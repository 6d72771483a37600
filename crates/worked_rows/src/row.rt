//! The lines of the input.

use std::alloc::{AllocError, Global};

/// The room where a line asks for none, in bytes.
const ROOM: usize = 1_000_000;

/// A line of the input.
#[derive(Drop)]
pub(crate) struct Row {
    /// The program, and the words that it is given.
    pub(crate) words: Vec<String>,
    /// The file that is the standard input.
    pub(crate) input: Option<String>,
    /// The room of the standard output, in bytes.
    pub(crate) room: usize,
}

/// What the next word of a line is.
#[derive(Clone, Copy)]
enum Place {
    Word,
    Input,
    Room,
}

impl Row {
    /// Takes a word of the line, and says what the next one is.
    fn take(&mut self, alloc: Global, place: Place, word: &str) -> Result<Place, AllocError> {
        match (place, word) {
            (Place::Word, "<") => return Ok(Place::Input),
            (Place::Word, ">") => return Ok(Place::Room),
            (Place::Word, _) => self.words.push(String::from_str(alloc, word)?)?,
            (Place::Input, _) => self.input = Some(String::from_str(alloc, word)?),
            (Place::Room, _) => self.room = word.parse().unwrap_or(0),
        }
        Ok(Place::Word)
    }
}

/// What the line says, whose words stand with one blank between each two.
pub(crate) fn row_of(alloc: Global, line: &str) -> Result<Row, AllocError> {
    let mut row = Row {
        words: Vec::new(alloc),
        input: None,
        room: ROOM,
    };
    let mut place = Place::Word;
    for word in line.split(' ') {
        place = row.take(alloc, place, word)?;
    }
    Ok(row)
}
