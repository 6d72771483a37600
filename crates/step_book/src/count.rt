//! The number of tries under its lock, and one worker's part of it.

ghost use Rattle.std.specs.Prelude.{◌≡◌, ℕ, ◌+◌, ◌<◌, ◌≤◌, ◌↔◌};

use std::marker::Model;
use std::sync::ledger::Ledger;
use std::sync::{Mutex, Wait, ledger};

/// Whether a try may be made.
#[derive(Clone, Copy, PartialEq, Eq, Debug)]
pub enum Draw {
    /// It may, and is counted.
    Taken,
    /// It may not: the limit is reached.
    Spent,
}

/// One worker's part of the number of tries. Contracts see it as the number that the worker drew.
#[derive(Drop)]
pub struct Share<N: Ledger> {
    part: ledger::Share<N>,
}

impl<N: Ledger> Model for Share<N> {
    ghost Value = { ℕ };

    ghost view = { λ s. s.part.amount };

    ghost invariant = { λ s. s.part.parts ≡ 1 };
}

/// The number of tries and their limit, each booked on a ledger of its own. The number is the sum of all shares, and at
/// most the limit.
#[derive(Drop)]
pub struct Count<N: Ledger, M: Ledger> {
    number: u64,
    limit: u64,
    tries: ledger::Book<N>,
    cap: ledger::Book<M>,
}

impl<N: Ledger, M: Ledger> Model for Count<N, M> {
    ghost use Rattle.std.specs.Prelude.{◌≡◌, ◌≤◌};
    ghost use Rattle.step_book.specs.Values.{CountValue};

    ghost Value = { CountValue };

    ghost view = { λ c. record { number = c.number; limit = c.limit } };

    ghost invariant = { λ c. (c.number ≤ c.limit) × (c.number ≡ c.tries.total) × (c.limit ≡ c.cap.total) };
}

impl<N: Ledger, M: Ledger> Count<N, M> {
    /// Adds one to the number and to the share, or where the number is the limit answers Spent and changes neither. It
    /// takes no memory.
    pub fn take_one(&mut self, share: &mut Share<N>) -> Draw
        ensures spent { (result ≡ Draw.Spent) ↔ (self.old.number ≡ self.old.limit) }
        ensures taken { result ≡ Draw.Taken → (self.new.number ≡ self.old.number + 1) × (share.new ≡ share.old + 1) }
        ensures same { result ≡ Draw.Spent → (self.new.number ≡ self.old.number) × (share.new ≡ share.old) }
        ensures limit { self.new.limit ≡ self.old.limit }
        ensures within { self.new.number ≤ self.new.limit }
    {
        if self.number == self.limit {
            return Draw::Spent;
        }
        self.tries.add(&mut share.part, 1);
        self.number += 1;
        Draw::Taken
    }

    /// The number, for whoever holds every part of both ledgers.
    pub(crate) fn last(mut self, all: &mut ledger::Share<N>, mark: &mut ledger::Share<M>) -> u64
        requires { (all.old.parts ≡ N.parts) × (mark.old.parts ≡ M.parts) }
        ensures sum { result ≡ all.old.amount }
        ensures limit { result ≤ mark.old.amount }
    {
        self.tries.audit(all);
        self.cap.audit(mark);
        self.number
    }
}

/// One part of a whole, with nothing drawn.
pub(crate) fn part_of<N: Ledger>(whole: &mut ledger::Share<N>) -> Share<N>
    requires { (0 < whole.old.parts) × (whole.old.amount ≡ 0) }
    ensures nothing { result ≡ 0 }
    ensures amount { whole.new.amount ≡ 0 }
    ensures parts { whole.new.parts + 1 ≡ whole.old.parts }
{
    Share {
        part: whole.split_off(1, 0),
    }
}

/// A share's part of the ledger.
pub(crate) fn whole_of<N: Ledger>(share: Share<N>) -> ledger::Share<N>
    ensures { (result.parts ≡ 1) × (result.amount ≡ share) }
{
    let Share { part } = share;
    part
}

/// A count of no tries.
pub(crate) fn count_out<N: Ledger, M: Ledger>(
    tries: ledger::Book<N>,
    cap: ledger::Book<M>,
    limit: u64,
) -> Count<N, M>
    requires { (tries.total ≡ 0) × (cap.total ≡ limit) }
    ensures { (result.number ≡ 0) × (result.limit ≡ limit) }
{
    Count {
        number: 0,
        limit,
        tries,
        cap,
    }
}

/// The count behind its lock.
#[derive(Drop)]
pub struct Book<N: Ledger, M: Ledger> {
    count: Mutex<Count<N, M>>,
}

impl<N: Ledger, M: Ledger> Book<N, M> {
    /// Locks a count.
    pub(crate) fn of(count: Count<N, M>) -> Book<N, M> {
        Book {
            count: Mutex::new(count),
        }
    }

    /// The count, which no thread shares any more.
    pub(crate) fn into_count(self) -> Count<N, M> {
        let Book { count } = self;
        count.into_inner()
    }

    /// Calls `take_one` on the locked count. What it changes there is not seen from outside the lock. It takes no
    /// memory, and may wait for the lock.
    pub fn draw<R: Wait>(&self, rt: &R, share: &mut Share<N>) -> Draw
        ensures taken { result ≡ Draw.Taken → share.new ≡ share.old + 1 }
        ensures spent { result ≡ Draw.Spent → share.new ≡ share.old }
    {
        self.count.lock(rt).take_one(share)
    }
}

## Work instructions:
Print out every record, character for character.

## Written reply:
repository 6d72771483a37600
filename crates/worked_rows/src/row.rt
//! The lines of the input.

use std::alloc::{AllocError, Global};

/// The room where a line asks for none, in bytes.
const ROOM: usize = 1_000_000;

/// A line of the input.
#[derive(Drop)]
pub(crate) struct Row {
    /// The program, and the words that it is given.
    pub(crate) words: Vec<String>,
    /// The file that is the standard input.
    pub(crate) input: Option<String>,
    /// The room of the standard output, in bytes.
    pub(crate) room: usize,
}

/// What the next word of a line is.
#[derive(Clone, Copy)]
enum Place {
    Word,
    Input,
    Room,
}

impl Row {
    /// Takes a word of the line, and says what the next one is.
    fn take(&mut self, alloc: Global, place: Place, word: &str) -> Result<Place, AllocError> {
        match (place, word) {
            (Place::Word, "<") => return Ok(Place::Input),
            (Place::Word, ">") => return Ok(Place::Room),
            (Place::Word, _) => self.words.push(String::from_str(alloc, word)?)?,
            (Place::Input, _) => self.input = Some(String::from_str(alloc, word)?),
            (Place::Room, _) => self.room = word.parse().unwrap_or(0),
        }
        Ok(Place::Word)
    }
}

/// What the line says, whose words stand with one blank between each two.
pub(crate) fn row_of(alloc: Global, line: &str) -> Result<Row, AllocError> {
    let mut row = Row {
        words: Vec::new(alloc),
        input: None,
        room: ROOM,
    };
    let mut place = Place::Word;
    for word in line.split(' ') {
        place = row.take(alloc, place, word)?;
    }
    Ok(row)
}
repository 6d72771483a37600
filename crates/step_book/src/count.rt
//! The number of tries under its lock, and one worker's part of it.

ghost use Rattle.std.specs.Prelude.{◌≡◌, ℕ, ◌+◌, ◌<◌, ◌≤◌, ◌↔◌};

use std::marker::Model;
use std::sync::ledger::Ledger;
use std::sync::{Mutex, Wait, ledger};

/// Whether a try may be made.
#[derive(Clone, Copy, PartialEq, Eq, Debug)]
pub enum Draw {
    /// It may, and is counted.
    Taken,
    /// It may not: the limit is reached.
    Spent,
}

/// One worker's part of the number of tries. Contracts see it as the number that the worker drew.
#[derive(Drop)]
pub struct Share<N: Ledger> {
    part: ledger::Share<N>,
}

impl<N: Ledger> Model for Share<N> {
    ghost Value = { ℕ };

    ghost view = { λ s. s.part.amount };

    ghost invariant = { λ s. s.part.parts ≡ 1 };
}

/// The number of tries and their limit, each booked on a ledger of its own. The number is the sum of all shares, and at
/// most the limit.
#[derive(Drop)]
pub struct Count<N: Ledger, M: Ledger> {
    number: u64,
    limit: u64,
    tries: ledger::Book<N>,
    cap: ledger::Book<M>,
}

impl<N: Ledger, M: Ledger> Model for Count<N, M> {
    ghost use Rattle.std.specs.Prelude.{◌≡◌, ◌≤◌};
    ghost use Rattle.step_book.specs.Values.{CountValue};

    ghost Value = { CountValue };

    ghost view = { λ c. record { number = c.number; limit = c.limit } };

    ghost invariant = { λ c. (c.number ≤ c.limit) × (c.number ≡ c.tries.total) × (c.limit ≡ c.cap.total) };
}

impl<N: Ledger, M: Ledger> Count<N, M> {
    /// Adds one to the number and to the share, or where the number is the limit answers Spent and changes neither. It
    /// takes no memory.
    pub fn take_one(&mut self, share: &mut Share<N>) -> Draw
        ensures spent { (result ≡ Draw.Spent) ↔ (self.old.number ≡ self.old.limit) }
        ensures taken { result ≡ Draw.Taken → (self.new.number ≡ self.old.number + 1) × (share.new ≡ share.old + 1) }
        ensures same { result ≡ Draw.Spent → (self.new.number ≡ self.old.number) × (share.new ≡ share.old) }
        ensures limit { self.new.limit ≡ self.old.limit }
        ensures within { self.new.number ≤ self.new.limit }
    {
        if self.number == self.limit {
            return Draw::Spent;
        }
        self.tries.add(&mut share.part, 1);
        self.number += 1;
        Draw::Taken
    }

    /// The number, for whoever holds every part of both ledgers.
    pub(crate) fn last(mut self, all: &mut ledger::Share<N>, mark: &mut ledger::Share<M>) -> u64
        requires { (all.old.parts ≡ N.parts) × (mark.old.parts ≡ M.parts) }
        ensures sum { result ≡ all.old.amount }
        ensures limit { result ≤ mark.old.amount }
    {
        self.tries.audit(all);
        self.cap.audit(mark);
        self.number
    }
}

/// One part of a whole, with nothing drawn.
pub(crate) fn part_of<N: Ledger>(whole: &mut ledger::Share<N>) -> Share<N>
    requires { (0 < whole.old.parts) × (whole.old.amount ≡ 0) }
    ensures nothing { result ≡ 0 }
    ensures amount { whole.new.amount ≡ 0 }
    ensures parts { whole.new.parts + 1 ≡ whole.old.parts }
{
    Share {
        part: whole.split_off(1, 0),
    }
}

/// A share's part of the ledger.
pub(crate) fn whole_of<N: Ledger>(share: Share<N>) -> ledger::Share<N>
    ensures { (result.parts ≡ 1) × (result.amount ≡ share) }
{
    let Share { part } = share;
    part
}

/// A count of no tries.
pub(crate) fn count_out<N: Ledger, M: Ledger>(
    tries: ledger::Book<N>,
    cap: ledger::Book<M>,
    limit: u64,
) -> Count<N, M>
    requires { (tries.total ≡ 0) × (cap.total ≡ limit) }
    ensures { (result.number ≡ 0) × (result.limit ≡ limit) }
{
    Count {
        number: 0,
        limit,
        tries,
        cap,
    }
}

/// The count behind its lock.
#[derive(Drop)]
pub struct Book<N: Ledger, M: Ledger> {
    count: Mutex<Count<N, M>>,
}

impl<N: Ledger, M: Ledger> Book<N, M> {
    /// Locks a count.
    pub(crate) fn of(count: Count<N, M>) -> Book<N, M> {
        Book {
            count: Mutex::new(count),
        }
    }

    /// The count, which no thread shares any more.
    pub(crate) fn into_count(self) -> Count<N, M> {
        let Book { count } = self;
        count.into_inner()
    }

    /// Calls `take_one` on the locked count. What it changes there is not seen from outside the lock. It takes no
    /// memory, and may wait for the lock.
    pub fn draw<R: Wait>(&self, rt: &R, share: &mut Share<N>) -> Draw
        ensures taken { result ≡ Draw.Taken → share.new ≡ share.old + 1 }
        ensures spent { result ≡ Draw.Spent → share.new ≡ share.old }
    {
        self.count.lock(rt).take_one(share)
    }
}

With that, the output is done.